Thanks guys, the 34 today didn't feel too bad I was really surprised as thought it would kill me lol. I was too busy looking at the scenery as was nice areas I rode through. If I get the chance to go out next wkend I'm gonna just go for it and get upto 50 or until I can't ride no more lol

Seeing all the roadies with drops is really making me want one now I even stopped off at my lbs to check prices and have some cake from their home made range as I was really hungry


----------



## Alexvs (6 Nov 2011)

@eml1909 good stuff, was a good day to get out in the sticks as wasn't too hot or cold perfect enjoyment weather. Hopefully next wkend we can both say we achieved the big 50! Good luck


----------



## aberal (6 Nov 2011)

Alexvs said:


> Thanks guys, the 34 today didn't feel too bad I was really surprised as thought it would kill me lol. I was too busy looking at the scenery as was nice areas I rode through. If I get the chance to go out next wkend I'm gonna just go for it and get upto 50 or until I can't ride no more lol
> 
> Seeing all the roadies with drops is really making me want one now I even stopped off at my lbs to check prices and have some cake from their home made range as I was really hungry



There's no getting away from it - you are now officially a convert.





You may well be able to do 50 next week - depends on your base fitness level. But I'd suggest aiming for 40 first. Once you get over the 30 mile limit, things get progressively harder and its best to increase your mileage incrementally. There's a sort of rule of thumb that you should increase your rides by about 10% at a time. I've found that upping the mileage by 5-10 miles per ride makes it all the more achievable.

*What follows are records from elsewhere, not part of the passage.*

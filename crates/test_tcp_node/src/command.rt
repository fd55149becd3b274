//! The lines of a play.

use anyhow::{Context, Result, bail};
use std::str::Split;
use tcp_conn::Heard;
use tcp_wire::SocketPair;

/// What happens to the connections of a node, at a time in milliseconds.
#[derive(Clone, Copy)]
pub enum Command {
    /// What follows happens to another node, which has no connection.
    Node,
    Connect {
        now: u32,
        app: u32,
        src: Option<u32>,
        sport: u16,
        dst: u32,
        port: u16,
        mss: u32,
    },
    Listen {
        app: u32,
        port: u16,
    },
    /// A segment comes from the one to the other, with so many bytes.
    Segment {
        now: u32,
        pair: SocketPair,
        heard: Heard,
        bytes: u16,
    },
    Garbage {
        now: u32,
        src: u32,
        dst: u32,
    },
    Timer {
        now: u32,
        conn: u32,
        stamp: u32,
    },
    Write {
        now: u32,
        app: u32,
        bytes: u16,
    },
    Close {
        now: u32,
        app: u32,
    },
}

/// The command of a line; there is none on an empty line or a remark.
pub fn read(line: &str) -> Result<Option<Command>> {
    let mut words = line.split(' ');
    match words.next() {
        Some("node") => Ok(Some(Command::Node)),
        Some("connect") => connect(words),
        Some("listen") => {
            let app = number(words.next())?;
            let port = small(words.next())?;
            Ok(Some(Command::Listen { app, port }))
        }
        Some("segment") => segment(words),
        Some("garbage") => {
            let now = number(words.next())?;
            let src = number(words.next())?;
            let dst = number(words.next())?;
            Ok(Some(Command::Garbage { now, src, dst }))
        }
        Some("timer") => {
            let now = number(words.next())?;
            let conn = number(words.next())?;
            let stamp = number(words.next())?;
            Ok(Some(Command::Timer { now, conn, stamp }))
        }
        Some("write") => {
            let now = number(words.next())?;
            let app = number(words.next())?;
            let bytes = small(words.next())?;
            Ok(Some(Command::Write { now, app, bytes }))
        }
        Some("close") => {
            let now = number(words.next())?;
            let app = number(words.next())?;
            Ok(Some(Command::Close { now, app }))
        }
        Some("" | "#") => Ok(None),
        _ => bail!("no such command"),
    }
}

fn connect(mut words: Split<'_, char>) -> Result<Option<Command>> {
    let now = number(words.next())?;
    let app = number(words.next())?;
    let src = source(words.next())?;
    let sport = small(words.next())?;
    let dst = number(words.next())?;
    let port = small(words.next())?;
    let mss = number(words.next())?;
    Ok(Some(Command::Connect {
        now,
        app,
        src,
        sport,
        dst,
        port,
        mss,
    }))
}

fn segment(mut words: Split<'_, char>) -> Result<Option<Command>> {
    let now = number(words.next())?;
    let addr = number(words.next())?;
    let port = small(words.next())?;
    let other_addr = number(words.next())?;
    let other_port = small(words.next())?;
    let pair = SocketPair {
        addr,
        port,
        other_addr,
        other_port,
    };
    let flags = words.next().context("flags are missing")?;
    let seq = number(words.next())?;
    let ack = number(words.next())?;
    let mss = small(words.next())?;
    let bytes = small(words.next())?;
    Ok(Some(Command::Segment {
        now,
        pair,
        heard: heard(flags, seq, ack, mss),
        bytes,
    }))
}

fn heard(flags: &str, seq: u32, ack: u32, mss: u16) -> Heard {
    Heard {
        seq,
        ack,
        window: u16::MAX,
        mss: if mss == 0 { None } else { Some(mss) },
        syn: flags.contains('S'),
        has_ack: flags.contains('A'),
        fin: flags.contains('F'),
        rst: flags.contains('R'),
    }
}

/// An address, or none.
fn source(word: Option<&str>) -> Result<Option<u32>> {
    match word {
        Some("-") => Ok(None),
        word => Ok(Some(number(word)?)),
    }
}

fn number(word: Option<&str>) -> Result<u32> {
    word.context("a number is missing")?
        .parse::<u32>()
        .context("no number")
}

fn small(word: Option<&str>) -> Result<u16> {
    word.context("a number is missing")?
        .parse::<u16>()
        .context("no small number")
}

It's a pity that winter is coming on as it will certainly upset your routine. Think about getting a turbo trainer or joining up to spinning classes for the winter months. The benefit is huge come the Spring and if you manage to keep up your base fitness, you will find that you don't have to go through the pain barrier once you start again in Spring. 

p.s. you must now buy a road bike....


----------



## aberal (6 Nov 2011)

eml1909 said:


> Not trying to steal your glory, but I also did my first ever "long" ride today. I started riding in February 2011 but broke my hip the first time I used clipless pedals, so spent 5 months on crutches
> 
> I bought a new bike in the Summer to motivate myself to get fit and lose weight (a Condor Titanium touring bike). Been commuting (8.5 miles each way) for the last few months but today I did a 35 mile ride (averaging 15.5 mph) in the Hertfordshire countryside.
> 
> ...



Bloody hell! That's the worst clipless moment story I've come across. Best not repeat that too often to the clipless virgins out there.

Congrats on your mileages though - sounds like you are doing really darn well. See my response above though about upping your mileage too much. It may be possible, but it does get harder once the mileage creeps over 30 or so. Make sure you drink enough and take something to eat - at least enough to eat every hour.


----------



## onlineamiga (7 Nov 2011)

Congrats eml1909. Very unlucky to break a hip coming off clipless pedals. I came off twice but was at a standstill and just kinda plunked to the ground and did nothing worse than scuff my knee.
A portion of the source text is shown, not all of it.